- Provided material -
■ ■ ■

//! A thread's access to the device, and its calls of it.
ghost use Rattle.std.specs.Prelude.{◌≡◌, ◌↔◌, [], Ok, IfOk, OnErr, IsTrue, None, Some, is_some, true};
ghost use Rattle.std.specs.Arc.{arc_value};
ghost use Rattle.psu_turn.specs.Seats.{SeatCalls, Sight, Splits};
ghost use Rattle.psu_exec.specs.Device.{State};
ghost use Rattle.psu_exec.specs.Calls.{Entry};
ghost use Rattle.psu_exec.specs.Calls.Entry.{Closed, Opened, Sent, Locked, Released, Ticked};
ghost use Rattle.psu_exec.specs.Quiet.{may_cause};
ghost use Rattle.psu_exec.specs.Shown.{outcome_of};
ghost use Rattle.psu_locks.specs.declared.results.Grant.TheVariants as grants;
ghost use Rattle.psu_bench.specs.Calls.{AllowsOn};
ghost use Rattle.psu_bench.specs.Callers.{Causes, CausesByRound, CausesNothing, released_of};
ghost use Rattle.psu_bench.specs.Tries.{tried};

use crate::machine::{Operation, QuietOperation};
use crate::operations::{
    CloseSession, Lock, MarkSent, Notify, OpenSession, Release, Tick, Try, TryUnit,
};
use crate::{Bench, Caused, CausedByJob, Gate, Granted, OpenedSession, Point, Seat, ServedDisk};
use psu_exec::{
    CannotDrop, Crowded, Freed, Grant, Kind, LockRefusal, NoJob, Notifications, Outcome, Session,
    Sessions, queries_are_quiet, units_and_waits_are_quiet,
};
use std::alloc::{AllocError, Global};
use std::marker::Model;
use std::sync::{Arc, MutexGuard, Wait};

/// Access to the device for a thread: the shared bench, a seat of the thread's own there, and the gate. It may be sent to
/// another thread; the one that calls the device makes a `Caller` of it, which borrows the bench.
#[derive(Drop)]
pub struct Access<D: ServedDisk> {
    /// The bench.
    pub bench: Arc<Bench<D, Global>>,
    /// The seat.
    pub seat: Seat,
    /// The gate.
    pub gate: Arc<D::Gate>,
    ghost same: { seat.turn ≡ arc_value bench },
    ghost here: { is_some seat.opening ≡ true },
}

impl<D: ServedDisk> Access<D> {
    /// Creates an access for another thread, whose seat has seen the same.
    #[tactic(auto, using(crate::proofs::Seats::is_of))]
    pub fn split(&mut self) -> Result<Access<D>, AllocError>
        ensures same { self.new.seat ≡ self.old.seat }
        ensures split { IfOk result (λ other. Splits self.old.seat other.seat) }
    {
        let bench = Arc::try_clone(&self.bench)?;
        let gate = Arc::try_clone(&self.gate)?;
        let seat = self.bench.split(&mut self.seat);
        Ok(Access { bench, seat, gate })
    }

    /// Opens a session, under a seat that has made no call. The session keeps the seat.
    #[tactic(auto, using(crate::proofs::Seats::is_of))]
    pub fn open_session<R: Wait>(self, rt: &R) -> Result<OpenedSession<D>, Crowded>
        requires { self.seat.mine ≡ [] }
        ensures opened { IfOk result (λ opened. SeatCalls (AllowsOn D.honest) self.seat (Opened (Some opened.number)) opened.seat) }
        ensures crowded { OnErr result ((new : Sight State Entry) × SeatCalls (AllowsOn D.honest) self.seat (Opened None) new) }
    {
        let Access {
            bench,
            mut seat,
            gate,
        } = self;
        let number = bench.call(rt, &mut seat, OpenSession)?;
        Ok(OpenedSession::new(number, Access { bench, seat, gate }))
    }
}

/// What a thread calls the device by: the bench, a seat of its own there, and the gate. Each call says what the seat has
/// then seen. It takes the mutex of the bench and releases it, but for a query that is answered: its response is mostly
/// sent at once, in the same critical section.
#[derive(Drop)]
pub struct Caller<'b, D: ServedDisk> {
    bench: &'b Arc<Bench<D, Global>>,
    seat: Seat,
    gate: &'b Arc<D::Gate>,
    // The mutex of the bench, where it is kept for the next call.
    kept: Option<MutexGuard<'b, ()>>,
}

impl<'b, D: ServedDisk> Model for Caller<'b, D> {
    ghost use Rattle.std.specs.Arc.{arc_value};
    ghost use Rattle.psu_turn.specs.Seats.{Sight, IsOf};
    ghost use Rattle.psu_exec.specs.Device.{State};
    ghost use Rattle.psu_exec.specs.Calls.{Entry};

    ghost Value = { Sight State Entry };

    ghost view = { λ c. c.seat };

    ghost invariant = { λ c. IsOf (arc_value c.bench.now) c.seat };
}

// Whether a unit, or the end of a wait, with this outcome may cause something for others.
fn may_cause(outcome: &Outcome<Global>) -> bool
    ensures { result ≡ may_cause (outcome_of outcome.now) }
{
    matches!(outcome, Outcome::Done | Outcome::Error(_))
}

impl<'b, D: ServedDisk> Caller<'b, D> {
    /// Creates a caller with this seat of a bench.
    #[tactic(auto, using(crate::proofs::Seats::is_of))]
    pub fn new(
        bench: &'b Arc<Bench<D, Global>>,
        seat: Seat,
        gate: &'b Arc<D::Gate>,
    ) -> Caller<'b, D>
        requires same { seat.turn ≡ arc_value bench.now }
        requires here { is_some seat.opening ≡ true }
        ensures { result ≡ seat }
    {
        Caller {
            bench,
            seat,
            gate,
            kept: None,
        }
    }

    /// Returns the seat. Releases the mutex, if it is kept from a query.
    pub fn into_seat(self) -> Seat
        ensures { result ≡ self.entry }
    {
        let Caller {
            bench: _,
            seat,
            gate: _,
            kept: _,
        } = self;
        seat
    }

    // Takes the mutex, unless it is kept.
    fn enter<R: Wait>(&mut self, rt: &R) -> MutexGuard<'b, ()>
        ensures { self.new ≡ self.old }
    {
        match self.kept.take() {
            Some(guard) => guard,
            None => self.bench.mutex.lock(rt),
        }
    }

    /// Releases the mutex, if it is kept from a query.
    pub fn leave(&mut self)
        ensures { self.new ≡ self.old }
    {
        self.kept = None;
    }

    // Performs an operation.
    fn perform<R: Wait, O: Operation<D, Global>>(&mut self, rt: &R, operation: O) -> O::Reply
        ensures call { SeatCalls (AllowsOn D.honest) self.old (O.entry operation result) self.new }
    {
        let _guard = self.enter(rt);
        self.bench.in_turn(rt, &mut self.seat, operation)
    }

    /// Performs an operation that causes nothing for other threads.
    pub fn call<R: Wait, O: QuietOperation<D, Global>>(&mut self, rt: &R, operation: O) -> O::Reply
        ensures call { SeatCalls (AllowsOn D.honest) self.old (O.entry operation result) self.new }
        ensures quiet { CausesNothing D.honest (O.entry operation result) }
    {
        queries_are_quiet();
        self.perform(rt, operation)
    }

    /// Tries a unit of a session. Returns its result, and what it may have caused: none unless the unit, or its wait, is
    /// done or refused. After a query that is answered the mutex is kept, as its response is mostly sent at once; else
    /// the gate is called.
    pub fn try_unit<R: Wait>(
        &mut self,
        rt: &R,
        session: Session,
        how: Try<'_, '_>,
    ) -> (Outcome<Global>, Option<Caused>)
        ensures caused { Causes D.honest self.old (tried session how.entry (outcome_of result.0)) result.1 self.new }
    {
        let guard = self.enter(rt);
        let unit = TryUnit(session, how);
        let outcome = self.bench.in_turn(rt, &mut self.seat, unit);
        units_and_waits_are_quiet();
        let caused = if may_cause(&outcome) {
            let notifications = self.bench.in_turn(rt, &mut self.seat, Notify);
            Some(Caused::of(notifications))
        } else {
            None
        };
        match outcome {
            Outcome::Answer(_) => self.kept = Some(guard),
            _ => {
                drop(guard);
                self.gate.at(Point::AfterAnswer);
            }
        }
        (outcome, caused)
    }

    /// Makes a round of the flusher, and takes the notifications after it. Returns how the job ended and what that has
    /// caused, or why there is no job.
    pub fn round<R: Wait>(&mut self, rt: &R) -> Result<CausedByJob, NoJob>
        ensures calls { CausesByRound D.Disk result self.old self.new }
    {
        self.leave();
        let (ending, over) = self.bench.round(rt, &mut self.seat, &self.gate)?;
        let notifications = self.perform(rt, Notify);
        Ok(CausedByJob {
            ending,
            over,
            requesting: notifications.requesting,
            has_work: notifications.has_work,
            duty: CannotDrop::begin(),
        })
    }

    /// Closes a session. Returns the sessions whose lock requests were then granted.
    pub fn close_session<R: Wait>(&mut self, rt: &R, session: Session) -> Granted
        ensures call { SeatCalls (AllowsOn D.honest) self.old (Closed session result.sessions) self.new }
        ensures grant { result.grant ≡ grants.Granted }
    {
        let granted = self.perform(rt, CloseSession(session));
        Granted::new(granted, Grant::Granted)
    }

    /// Records that a response is sent to a session, and calls the gate. Returns what that has caused.
    pub fn mark_sent<R: Wait>(&mut self, rt: &R, session: Session) -> Caused
        ensures call { SeatCalls (AllowsOn D.honest) self.old (Sent session result.requesting result.wakes_flusher) self.new }
    {
        let notifications = self.perform(rt, MarkSent(session));
        self.gate.at(Point::AfterAnswer);
        Caused::of(notifications)
    }

    /// Requests a lock for a session. `now` and `timeout` are in milliseconds. Returns the result, and what it has
    /// caused: the flusher watches the deadline of a request that waits.
    pub fn lock<R: Wait>(
        &mut self,
        rt: &R,
        session: Session,
        kind: Kind,
        now: u64,
        timeout: u32,
    ) -> (Result<Grant, LockRefusal>, Caused)
        ensures call { SeatCalls (AllowsOn D.honest) self.old (Locked session kind now timeout result.0) self.new }
        ensures requesting { result.1.requesting ≡ [] }
        ensures flusher { IsTrue result.1.wakes_flusher ↔ (result.0 ≡ Ok grants.Queued) }
    {
        let operation = Lock {
            session,
            kind,
            now,
            timeout,
        };
        let reply = self.perform(rt, operation);
        let notifications = Notifications {
            requesting: Sessions::new(),
            has_work: matches!(reply, Ok(Grant::Queued)),
        };
        (reply, Caused::of(notifications))
    }

    /// Releases a lock of a session. Returns also the sessions whose lock requests were then granted.
    pub fn release<R: Wait>(
        &mut self,
        rt: &R,
        session: Session,
    ) -> Result<(Freed, Granted), LockRefusal>
        ensures call { SeatCalls (AllowsOn D.honest) self.old (Released session (released_of result)) self.new }
        ensures grant { IfOk result (λ released. released.1.grant ≡ grants.Granted) }
    {
        let (freed, granted) = self.perform(rt, Release(session))?;
        Ok((freed, Granted::new(granted, Grant::Granted)))
    }

    /// Fails the lock requests whose timeout has expired, and returns their sessions.
    pub fn tick<R: Wait>(&mut self, rt: &R, now: u64) -> Granted
        ensures call { SeatCalls (AllowsOn D.honest) self.old (Ticked now result.sessions) self.new }
        ensures grant { result.grant ≡ grants.Failed }
    {
        let failed = self.perform(rt, Tick(now));
        Granted::new(failed, Grant::Failed)
    }
}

■ ■ ■

- Work order -
Nothing but the lines from the start of the data above through the line with "pub struct Access<D: ServedDisk>" should appear in your answer, copied exactly.

- Written answer -
//! A thread's access to the device, and its calls of it.
ghost use Rattle.std.specs.Prelude.{◌≡◌, ◌↔◌, [], Ok, IfOk, OnErr, IsTrue, None, Some, is_some, true};
ghost use Rattle.std.specs.Arc.{arc_value};
ghost use Rattle.psu_turn.specs.Seats.{SeatCalls, Sight, Splits};
ghost use Rattle.psu_exec.specs.Device.{State};
ghost use Rattle.psu_exec.specs.Calls.{Entry};
ghost use Rattle.psu_exec.specs.Calls.Entry.{Closed, Opened, Sent, Locked, Released, Ticked};
ghost use Rattle.psu_exec.specs.Quiet.{may_cause};
ghost use Rattle.psu_exec.specs.Shown.{outcome_of};
ghost use Rattle.psu_locks.specs.declared.results.Grant.TheVariants as grants;
ghost use Rattle.psu_bench.specs.Calls.{AllowsOn};
ghost use Rattle.psu_bench.specs.Callers.{Causes, CausesByRound, CausesNothing, released_of};
ghost use Rattle.psu_bench.specs.Tries.{tried};

use crate::machine::{Operation, QuietOperation};
use crate::operations::{
    CloseSession, Lock, MarkSent, Notify, OpenSession, Release, Tick, Try, TryUnit,
};
use crate::{Bench, Caused, CausedByJob, Gate, Granted, OpenedSession, Point, Seat, ServedDisk};
use psu_exec::{
    CannotDrop, Crowded, Freed, Grant, Kind, LockRefusal, NoJob, Notifications, Outcome, Session,
    Sessions, queries_are_quiet, units_and_waits_are_quiet,
};
use std::alloc::{AllocError, Global};
use std::marker::Model;
use std::sync::{Arc, MutexGuard, Wait};

/// Access to the device for a thread: the shared bench, a seat of the thread's own there, and the gate. It may be sent to
/// another thread; the one that calls the device makes a `Caller` of it, which borrows the bench.
#[derive(Drop)]
pub struct Access<D: ServedDisk> {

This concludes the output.